You really have an uninsulated garage with no heat loss up or into the interior walls. Since you have no heat source (outside of the loss from the heated space through the upper and interior walls), it will eventually get cold. Your only possible heat source is the car that melts the ice and droppings. Insulation does not make a space warmer - it only makes it cool off slower.

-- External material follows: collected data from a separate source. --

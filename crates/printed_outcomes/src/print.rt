//! What is printed of an outcome: one line each.
ghost use Rattle.std.specs.Prelude.{◌≡◌, ℕ, List, [], ◌∷◌, ◌++◌, OnOk, string_bytes, decimal};
ghost use Rattle.std.specs.List.{flat_map};
ghost use Rattle.hex.specs.Hex.{encode_lower};
ghost use Rattle.definitions.specs.Dnskey.{key_tag};
ghost use Rattle.printed_outcomes.specs.Names.{action_name};
ghost use Rattle.printed_outcomes.specs.Printed.{octets_text, list_text, actions_text};
ghost use Rattle.printed_outcomes.specs.Printed.{key_error_text, key_refusal, counts_text};
ghost use Rattle.printed_outcomes.specs.Printed.{data_text, judgement_text, judge_refusal};
ghost use Rattle.printed_outcomes.specs.Printed.{outcome_text};

use crate::named::Named;
use answer_judge::verdict::{DataList, Judgement, Refused, Verdict};
use answer_outcomes::outcome::Outcome;
use answer_publisher::fault::KeyFault;
use denial_keys::dnskey::Dnskey;
use denial_keys::ds::Ds;
use keyset::Action;
use std::alloc::AllocError;

/// An item of a printed list.
trait Item {
    /// The item's octets in print.
    ghost text_of: { Self → List ℕ };

    fn push_to(&self, out: &mut String) -> Result<(), AllocError>
        ensures { OnOk result (string_bytes out.new ≡ string_bytes out.old ++ text_of self.now) };
}

impl Item for Action {
    ghost text_of = { action_name };

    fn push_to(&self, out: &mut String) -> Result<(), AllocError> {
        out.push_str(self.name())
    }
}

/// A DS record is printed by its tag.
impl Item for Ds<Vec<u8>> {
    ghost text_of = { λ d. decimal d.tag };

    fn push_to(&self, out: &mut String) -> Result<(), AllocError> {
        let tag = self.key_tag();
        write!(out, "{tag}")
    }
}

/// So is a DNSKEY record.
impl Item for Dnskey<Vec<u8>> {
    ghost text_of = { λ k. decimal (key_tag k) };

    fn push_to(&self, out: &mut String) -> Result<(), AllocError> {
        let tag = self.key_tag();
        write!(out, "{tag}")
    }
}

/// Octets are printed as hexadecimal digits, none as `-`.
impl Item for Vec<u8> {
    ghost text_of = { λ v. octets_text v.items };

    fn push_to(&self, out: &mut String) -> Result<(), AllocError> {
        if self.is_empty() {
            return out.push_str("-");
        }
        let digits = hex::encode(*out.allocator(), self.as_slice())?;
        out.push_str(digits.as_str())
    }
}

/// Prints each item behind a separator.
fn push_each<T: Item>(out: &mut String, separator: &str, items: &[T]) -> Result<(), AllocError>
    ensures { OnOk result (string_bytes out.new ≡ string_bytes out.old
        ++ flat_map (λ x. separator.now ++ T.text_of x) items.now) }
{
    for item in items {
        out.push_str(separator)?;
        item.push_to(out)?;
    }
    Ok(())
}

/// Prints items joined by commas; `-` for none.
fn push_list<T: Item>(out: &mut String, items: &[T]) -> Result<(), AllocError>
    ensures { OnOk result (string_bytes out.new ≡ string_bytes out.old
        ++ list_text T.text_of items.now) }
{
    match items.split_first() {
        None => out.push_str("-"),
        Some((first, others)) => {
            first.push_to(out)?;
            push_each(out, ",", others)
        }
    }
}

/// Prints that a call on keys is accepted, with its actions.
pub fn push_actions(out: &mut String, actions: &[Action]) -> Result<(), AllocError>
    ensures { OnOk result (string_bytes out.new ≡ string_bytes out.old
        ++ actions_text actions.now) }
{
    out.push_str("ok")?;
    push_each(out, " ", actions)
}

fn push_key_error(out: &mut String, error: &keyset::Error) -> Result<(), AllocError>
    ensures { OnOk result (string_bytes out.new ≡ string_bytes out.old
        ++ key_error_text error.now) }
{
    let name = error.name();
    match error {
        keyset::Error::Wait(rest) => {
            let seconds = rest.as_secs();
            write!(out, "Wait {seconds}")
        }
        _ => out.push_str(name),
    }
}

/// Prints why a call on keys is refused.
pub fn push_key_fault(out: &mut String, fault: &KeyFault) -> Result<(), AllocError>
    ensures { OnOk result (string_bytes out.new ≡ string_bytes out.old ++ key_refusal fault.now) }
{
    out.push_str("refused ")?;
    match fault {
        KeyFault::Key(error) => push_key_error(out, error),
        _ => out.push_str(fault.name()),
    }
}

fn push_counts(out: &mut String, verifications: u32, hashes: u32) -> Result<(), AllocError>
    ensures { OnOk result (string_bytes out.new ≡ string_bytes out.old
        ++ counts_text verifications hashes) }
{
    write!(out, " verifications {verifications} hashes {hashes}")
}

fn push_data(out: &mut String, datas: &DataList) -> Result<(), AllocError>
    ensures { OnOk result (string_bytes out.new ≡ string_bytes out.old ++ data_text datas.now) }
{
    out.push_str(" ")?;
    push_list(out, datas.as_slice())
}

fn push_judgement(out: &mut String, judgement: &Judgement) -> Result<(), AllocError>
    ensures { OnOk result (string_bytes out.new ≡ string_bytes out.old
        ++ judgement_text judgement.now) }
{
    out.push_str(judgement.verdict.name())?;
    match &judgement.verdict {
        Verdict::Records(data) | Verdict::StarRecords(data) => push_data(out, data)?,
        Verdict::NoType
        | Verdict::NoName
        | Verdict::StarNoType
        | Verdict::Delegated
        | Verdict::Open
        | Verdict::Unsigned => {}
    }
    push_counts(out, judgement.verifications, judgement.hashes)
}

fn push_refused(out: &mut String, refused: &Refused) -> Result<(), AllocError>
    ensures { OnOk result (string_bytes out.new ≡ string_bytes out.old
        ++ judge_refusal refused.now) }
{
    let name = refused.refusal.name();
    write!(out, "refused {name}")?;
    push_counts(out, refused.verifications, refused.hashes)
}

/// Prints an outcome, without a line feed.
pub fn push_outcome(out: &mut String, outcome: &Outcome) -> Result<(), AllocError>
    ensures { OnOk result (string_bytes out.new ≡ string_bytes out.old
        ++ outcome_text outcome.now) }
{
    match outcome {
        Outcome::Key(Ok(actions)) => push_actions(out, actions),
        Outcome::Key(Err(fault)) => push_key_fault(out, fault),
        Outcome::Replaced(Ok(())) => out.push_str("ok"),
        Outcome::Replaced(Err(fault)) => {
            let name = fault.name();
            write!(out, "refused {name}")
        }
        Outcome::Ds { place, set } => {
            write!(out, "place {place} ")?;
            push_list(out, set)
        }
        Outcome::Cds(set) => {
            out.push_str("tags ")?;
            push_list(out, set)
        }
        Outcome::Cdnskey(set) => {
            out.push_str("tags ")?;
            push_list(out, set)
        }
        Outcome::Message { place, .. } => write!(out, "place {place}"),
        Outcome::Refused(fault) => {
            let name = fault.name();
            write!(out, "refused {name}")
        }
        Outcome::Judged(Ok(judgement)) => push_judgement(out, judgement),
        Outcome::Judged(Err(refused)) => push_refused(out, refused),
        Outcome::BadPlace => out.push_str("BadPlace"),
    }
}

/// Prints outcomes, each in a line of its own.
pub fn push_outcomes(out: &mut String, outcomes: &[Outcome]) -> Result<(), AllocError>
    ensures { OnOk result (string_bytes out.new ≡ string_bytes out.old
        ++ flat_map (λ o. outcome_text o ++ 10 ∷ []) outcomes.now) }
{
    for outcome in outcomes {
        push_outcome(out, outcome)?;
        out.push_str("\n")?;
    }
    Ok(())
}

An insulated door does little in an uninsulated garage except it usually fits better and has less gaps.


----------



## richw (Jan 4, 2008)

concretemasonry said:


> Just a bit of a guess based on living in a cold climate -
> 
> Most of the time the winter prevailing winds are from the north or possibly northwest. These walls would be the coldest and the first to condense or frost up before the others.
> 
> ...


Would it be worth while to insulate the remaining walls (to try to keep it above 0 in the garage except on really cold patches)? Or would an exhaust/venting system to vent the moisture be a better project?

Rich...


----------



## pavola (Nov 13, 2007)

Is is the entire wall, up near the warmer ceiling, or at the bottom? Snow banks against the wall outside?


----------



## richw (Jan 4, 2008)

Definately more ice near the top. No snow banks against wall outside.

Rich...


----------



## pavola (Nov 13, 2007)

As mentioned before, northern exposure has these issues. It is the coldest wall, so frost will show up there first. But heat loss from the ceiling is most likely causing this. Could be ductwork in certain joist bays (can you check this?) that are poorly insulated, and there will always be some loss through the floor and the connecting interior wall that collects at the ceiling. If you have vinyl siding its easy to check if the bond is insulated properly - the color will be slightly distorted in cold weather if there's heat loss present due to frost on the back side it. Wood and other siding products can show some signs too, just not as well. Make sure to check this bond area and fix, if needed, before insulating that wall. Insulating will help eliminate the frost on the garage wall by preventing the warmer air from coming in contact with the cold plywood. But, if the bond area is still frosting, then you'll be trapping some moisture there by insulating the garage wall. If this is an issue, and it's to difficult to fix now, don't insulate yet. Put a fan going to just circulate the air and this may be enough to do the trick for now. IMO, insulated but unheated garages should have something to create air circulation to help prevent these issues.


----------



## Ron6519 (Mar 28, 2007)

Open the wall. It sounds like you have an open area leaking warm moist air from the upstairs into the wall area. You need to seal the area. You might need to insulate, vapor barrier and tuck tape the area to keep the two areas isolated.
Ron


----------